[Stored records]
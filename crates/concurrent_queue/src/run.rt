//! Runs of the calls of many parties over the cells of one owner: what `concurrent-queue` 2.5.0 does between threads, one atomic operation
//! a step.
//!
//! # Extensions
//!
//! All of this module.

ghost use Rattle.std.specs.Prelude.{◌≡◌, ℕ, ◌+◌, ◌<◌, ◌++◌, ◌∷◌, ◌⊎◌, [], Some, slice_get, MatchOption, MatchResult, IfOk, vec_len, vec_capacity};
ghost use Rattle.std.specs.VecDeque.{deque_len};
ghost use Rattle.std.specs.List.{remove};
ghost use Rattle.concurrent_queue.specs.Parties.{HasParty, NoneHas, IsAdmitted, IsRefused, Turns, TurnedOver, SteppedAt, IsMade, IsLeft};
ghost use Rattle.concurrent_queue.specs.Run.{RanTo, HasNoCells};
ghost use Rattle.concurrent_queue.specs.Made.{CanBeMade};
ghost use Rattle.concurrent_queue.specs.Plain.{contents_of};

use crate::call::{QueueAsk, QueueEntry, QueueMark};
use crate::cells::QueueForm;
use crate::plain::PlainCells;
use crate::queue_call::QueueCall;
use std::alloc::Global;
use std::collections::VecDeque;

/// A step of a run. A party begins a call by saying what it asks, so no call that was stepped elsewhere can begin.
#[derive(Debug, Drop, PartialEq, Eq)]
pub enum QueueStep<T> {
    /// The party begins a call that asks this.
    Begin {
        /// Whose call it is.
        party: u32,
        /// What it asks.
        call: QueueAsk<T>,
    },
    /// The party makes one step of the call that it has under way.
    Step {
        /// Whose call it is.
        party: u32,
    },
}

/// Why a run stopped.
#[derive(Clone, Copy, PartialEq, Eq, Debug)]
pub enum QueueRefusal {
    /// A party that has a call under way would begin one. Its number is 1.
    Busy,
    /// A party that has no call under way would make a step. Its number is 2.
    Idle,
    /// There was no memory for the cells, for another call under way, or for another entry. Its number is 3.
    NoMemory,
}

/// A party with its call under way.
#[derive(Drop)]
pub(crate) struct Party<T> {
    id: u32,
    call: QueueCall<T>,
}

/// Where a run stopped before its end, and why.
#[derive(Clone, Copy, PartialEq, Eq, Debug)]
pub struct Stopped {
    /// How many steps were made before it.
    pub place: usize,
    /// Why the next step was refused.
    pub why: QueueRefusal,
}

/// What a run did: an entry for each step that was made, and where it stopped.
#[derive(Debug, Drop, PartialEq, Eq)]
pub struct QueueRun<T> {
    /// The entries, in the order of the steps.
    pub trace: Vec<QueueEntry<T>>,
    /// `None` if all steps were made.
    pub stopped: Option<Stopped>,
}

fn find<T>(parties: &Vec<Party<T>>, id: u32) -> Option<usize>
    ensures { MatchOption result (NoneHas id parties.now.items) (λ k. HasParty id parties.now.items k) }
{
    for k in 0..parties.len() {
        if parties[k].id == id {
            return Some(k);
        }
    }
    None
}

/// Whether the first step may be made.
fn admit<T>(steps: &VecDeque<QueueStep<T>>, parties: &Vec<Party<T>>) -> Result<(), QueueRefusal>
    ensures { MatchResult result (λ _. IsAdmitted steps.now.items parties.now.items) (λ why. IsRefused steps.now.items parties.now.items why) }
{
    match steps.front() {
        None => Ok(()),
        Some(QueueStep::Begin { party, .. }) => match find(parties, *party) {
            None => Ok(()),
            Some(_) => Err(QueueRefusal::Busy),
        },
        Some(QueueStep::Step { party }) => match find(parties, *party) {
            None => Err(QueueRefusal::Idle),
            Some(_) => Ok(()),
        },
    }
}

/// Takes the k-th party out.
fn leave<T: Drop>(parties: &mut Vec<Party<T>>, k: usize)
    requires { k < vec_len parties.old }
    ensures { parties.new.items ≡ remove parties.old.items k }
{
    let _ = parties.remove(k);
}

/// One step of the k-th call under way.
fn step_at<T: Drop>(
    parties: &mut Vec<Party<T>>,
    k: usize,
    cells: &mut PlainCells<T>,
) -> QueueEntry<T>
    requires { k < vec_len parties.old }
    ensures { SteppedAt (contents_of cells.old) parties.old.items k result (contents_of cells.new) parties.new.items }
{
    let party = &mut parties[k];
    let reply = party.call.step(cells);
    let mark = party.call.last_mark();
    match &reply {
        Some(_) => leave(parties, k),
        None => {}
    }
    QueueEntry { mark, reply }
}

/// Makes a step that was admitted, within the room that was reserved.
fn make<T: Drop>(
    step: QueueStep<T>,
    cells: &mut PlainCells<T>,
    parties: &mut Vec<Party<T>>,
    trace: &mut Vec<QueueEntry<T>>,
)
    requires admitted { IsAdmitted (step ∷ []) parties.old.items }
    requires room { vec_len parties.old < vec_capacity parties.old }
    requires trace_room { vec_len trace.old < vec_capacity trace.old }
    ensures { IsMade step (contents_of cells.old) parties.old.items trace.old.items (contents_of cells.new) parties.new.items trace.new.items }
{
    match step {
        QueueStep::Begin { party, call } => {
            parties.push_reserved(Party {
                id: party,
                call: QueueCall::new(call),
            });
            trace.push_reserved(QueueEntry {
                mark: QueueMark::Nothing,
                reply: None,
            });
        }
        QueueStep::Step { party } => match find(parties, party) {
            Some(k) => {
                let entry = step_at(parties, k, cells);
                trace.push_reserved(entry);
            }
            None => unreachable!(),
        },
    }
}

/// Makes the first step, or refuses it and changes nothing.
fn turn<T: Drop>(
    cells: &mut PlainCells<T>,
    parties: &mut Vec<Party<T>>,
    trace: &mut Vec<QueueEntry<T>>,
    steps: &mut VecDeque<QueueStep<T>>,
) -> Result<(), QueueRefusal>
    requires { 0 < deque_len steps.old }
    ensures cases { MatchResult result
        (λ _. TurnedOver steps.old.items (contents_of cells.old) parties.old.items trace.old.items steps.new.items (contents_of cells.new) parties.new.items trace.new.items)
        (λ why. IsRefused steps.old.items parties.old.items why × IsLeft steps.old.items (contents_of cells.old) parties.old.items trace.old.items steps.new.items (contents_of cells.new) parties.new.items trace.new.items) }
    ensures shorter { IfOk result (λ _. deque_len steps.new < deque_len steps.old) }
{
    // Before memory is asked for: a busy or idle turn is reported as such, and never as a lack of memory.
    admit(steps, parties)?;
    if trace.reserve(1).is_err() || parties.reserve(1).is_err() {
        return Err(QueueRefusal::NoMemory);
    }
    match steps.pop_front() {
        Some(step) => {
            make(step, cells, parties, trace);
            Ok(())
        }
        None => unreachable!(),
    }
}

/// Runs steps of any parties over the cells of a new queue of this form. The run stops at a step that is refused, which stays in front: a
/// party that has a call under way can't begin another, one that has none can't make a step, and a lack of memory for the next entry or
/// call refuses a step too. If there is no memory for the cells the run stops at place 0.
pub fn run_queue_steps<T: Drop>(
    alloc: Global,
    form: QueueForm,
    steps: &mut VecDeque<QueueStep<T>>,
) -> QueueRun<T>
    requires form { CanBeMade form }
    ensures ran { HasNoCells steps.old.items steps.new.items result.trace.items result.stopped ⊎ RanTo form steps.old.items steps.new.items result.trace.items result.stopped }
{
    let mut trace = Vec::new(alloc);
    match PlainCells::new(alloc, form) {
        Ok(mut cells) => {
            let mut parties = Vec::new(alloc);
            while steps.len() > 0 {
                match turn(&mut cells, &mut parties, &mut trace, steps) {
                    Ok(()) => {}
                    Err(why) => {
                        let place = trace.len();
                        return QueueRun {
                            trace,
                            stopped: Some(Stopped { place, why }),
                        };
                    }
                }
            }
            QueueRun {
                trace,
                stopped: None,
            }
        }
        Err(_) => QueueRun {
            trace,
            stopped: Some(Stopped {
                place: 0,
                why: QueueRefusal::NoMemory,
            }),
        },
    }
}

## WHAT NEEDS TO BE DONE:
Copy each line of the data above exactly as it appears.

## ANSWER TO THE EXERCISE:
filename crates/concurrent_queue/src/run.rt
//! Runs of the calls of many parties over the cells of one owner: what `concurrent-queue` 2.5.0 does between threads, one atomic operation
//! a step.
//!
//! # Extensions
//!
//! All of this module.

ghost use Rattle.std.specs.Prelude.{◌≡◌, ℕ, ◌+◌, ◌<◌, ◌++◌, ◌∷◌, ◌⊎◌, [], Some, slice_get, MatchOption, MatchResult, IfOk, vec_len, vec_capacity};
ghost use Rattle.std.specs.VecDeque.{deque_len};
ghost use Rattle.std.specs.List.{remove};
ghost use Rattle.concurrent_queue.specs.Parties.{HasParty, NoneHas, IsAdmitted, IsRefused, Turns, TurnedOver, SteppedAt, IsMade, IsLeft};
ghost use Rattle.concurrent_queue.specs.Run.{RanTo, HasNoCells};
ghost use Rattle.concurrent_queue.specs.Made.{CanBeMade};
ghost use Rattle.concurrent_queue.specs.Plain.{contents_of};

use crate::call::{QueueAsk, QueueEntry, QueueMark};
use crate::cells::QueueForm;
use crate::plain::PlainCells;
use crate::queue_call::QueueCall;
use std::alloc::Global;
use std::collections::VecDeque;

/// A step of a run. A party begins a call by saying what it asks, so no call that was stepped elsewhere can begin.
#[derive(Debug, Drop, PartialEq, Eq)]
pub enum QueueStep<T> {
    /// The party begins a call that asks this.
    Begin {
        /// Whose call it is.
        party: u32,
        /// What it asks.
        call: QueueAsk<T>,
    },
    /// The party makes one step of the call that it has under way.
    Step {
        /// Whose call it is.
        party: u32,
    },
}

/// Why a run stopped.
#[derive(Clone, Copy, PartialEq, Eq, Debug)]
pub enum QueueRefusal {
    /// A party that has a call under way would begin one. Its number is 1.
    Busy,
    /// A party that has no call under way would make a step. Its number is 2.
    Idle,
    /// There was no memory for the cells, for another call under way, or for another entry. Its number is 3.
    NoMemory,
}

/// A party with its call under way.
#[derive(Drop)]
pub(crate) struct Party<T> {
    id: u32,
    call: QueueCall<T>,
}

/// Where a run stopped before its end, and why.
#[derive(Clone, Copy, PartialEq, Eq, Debug)]
pub struct Stopped {
    /// How many steps were made before it.
    pub place: usize,
    /// Why the next step was refused.
    pub why: QueueRefusal,
}

/// What a run did: an entry for each step that was made, and where it stopped.
#[derive(Debug, Drop, PartialEq, Eq)]
pub struct QueueRun<T> {
    /// The entries, in the order of the steps.
    pub trace: Vec<QueueEntry<T>>,
    /// `None` if all steps were made.
    pub stopped: Option<Stopped>,
}

fn find<T>(parties: &Vec<Party<T>>, id: u32) -> Option<usize>
    ensures { MatchOption result (NoneHas id parties.now.items) (λ k. HasParty id parties.now.items k) }
{
    for k in 0..parties.len() {
        if parties[k].id == id {
            return Some(k);
        }
    }
    None
}

/// Whether the first step may be made.
fn admit<T>(steps: &VecDeque<QueueStep<T>>, parties: &Vec<Party<T>>) -> Result<(), QueueRefusal>
    ensures { MatchResult result (λ _. IsAdmitted steps.now.items parties.now.items) (λ why. IsRefused steps.now.items parties.now.items why) }
{
    match steps.front() {
        None => Ok(()),
        Some(QueueStep::Begin { party, .. }) => match find(parties, *party) {
            None => Ok(()),
            Some(_) => Err(QueueRefusal::Busy),
        },
        Some(QueueStep::Step { party }) => match find(parties, *party) {
            None => Err(QueueRefusal::Idle),
            Some(_) => Ok(()),
        },
    }
}

/// Takes the k-th party out.
fn leave<T: Drop>(parties: &mut Vec<Party<T>>, k: usize)
    requires { k < vec_len parties.old }
    ensures { parties.new.items ≡ remove parties.old.items k }
{
    let _ = parties.remove(k);
}

/// One step of the k-th call under way.
fn step_at<T: Drop>(
    parties: &mut Vec<Party<T>>,
    k: usize,
    cells: &mut PlainCells<T>,
) -> QueueEntry<T>
    requires { k < vec_len parties.old }
    ensures { SteppedAt (contents_of cells.old) parties.old.items k result (contents_of cells.new) parties.new.items }
{
    let party = &mut parties[k];
    let reply = party.call.step(cells);
    let mark = party.call.last_mark();
    match &reply {
        Some(_) => leave(parties, k),
        None => {}
    }
    QueueEntry { mark, reply }
}

/// Makes a step that was admitted, within the room that was reserved.
fn make<T: Drop>(
    step: QueueStep<T>,
    cells: &mut PlainCells<T>,
    parties: &mut Vec<Party<T>>,
    trace: &mut Vec<QueueEntry<T>>,
)
    requires admitted { IsAdmitted (step ∷ []) parties.old.items }
    requires room { vec_len parties.old < vec_capacity parties.old }
    requires trace_room { vec_len trace.old < vec_capacity trace.old }
    ensures { IsMade step (contents_of cells.old) parties.old.items trace.old.items (contents_of cells.new) parties.new.items trace.new.items }
{
    match step {
        QueueStep::Begin { party, call } => {
            parties.push_reserved(Party {
                id: party,
                call: QueueCall::new(call),
            });
            trace.push_reserved(QueueEntry {
                mark: QueueMark::Nothing,
                reply: None,
            });
        }
        QueueStep::Step { party } => match find(parties, party) {
            Some(k) => {
                let entry = step_at(parties, k, cells);
                trace.push_reserved(entry);
            }
            None => unreachable!(),
        },
    }
}

/// Makes the first step, or refuses it and changes nothing.
fn turn<T: Drop>(
    cells: &mut PlainCells<T>,
    parties: &mut Vec<Party<T>>,
    trace: &mut Vec<QueueEntry<T>>,
    steps: &mut VecDeque<QueueStep<T>>,
) -> Result<(), QueueRefusal>
    requires { 0 < deque_len steps.old }
    ensures cases { MatchResult result
        (λ _. TurnedOver steps.old.items (contents_of cells.old) parties.old.items trace.old.items steps.new.items (contents_of cells.new) parties.new.items trace.new.items)
        (λ why. IsRefused steps.old.items parties.old.items why × IsLeft steps.old.items (contents_of cells.old) parties.old.items trace.old.items steps.new.items (contents_of cells.new) parties.new.items trace.new.items) }
    ensures shorter { IfOk result (λ _. deque_len steps.new < deque_len steps.old) }
{
    // Before memory is asked for: a busy or idle turn is reported as such, and never as a lack of memory.
    admit(steps, parties)?;
    if trace.reserve(1).is_err() || parties.reserve(1).is_err() {
        return Err(QueueRefusal::NoMemory);
    }
    match steps.pop_front() {
        Some(step) => {
            make(step, cells, parties, trace);
            Ok(())
        }
        None => unreachable!(),
    }
}

/// Runs steps of any parties over the cells of a new queue of this form. The run stops at a step that is refused, which stays in front: a
/// party that has a call under way can't begin another, one that has none can't make a step, and a lack of memory for the next entry or
/// call refuses a step too. If there is no memory for the cells the run stops at place 0.
pub fn run_queue_steps<T: Drop>(
    alloc: Global,
    form: QueueForm,
    steps: &mut VecDeque<QueueStep<T>>,
) -> QueueRun<T>
    requires form { CanBeMade form }
    ensures ran { HasNoCells steps.old.items steps.new.items result.trace.items result.stopped ⊎ RanTo form steps.old.items steps.new.items result.trace.items result.stopped }
{
    let mut trace = Vec::new(alloc);
    match PlainCells::new(alloc, form) {
        Ok(mut cells) => {
            let mut parties = Vec::new(alloc);
            while steps.len() > 0 {
                match turn(&mut cells, &mut parties, &mut trace, steps) {
                    Ok(()) => {}
                    Err(why) => {
                        let place = trace.len();
                        return QueueRun {
                            trace,
                            stopped: Some(Stopped { place, why }),
                        };
                    }
                }
            }
            QueueRun {
                trace,
                stopped: None,
            }
        }
        Err(_) => QueueRun {
            trace,
            stopped: Some(Stopped {
                place: 0,
                why: QueueRefusal::NoMemory,
            }),
        },
    }
}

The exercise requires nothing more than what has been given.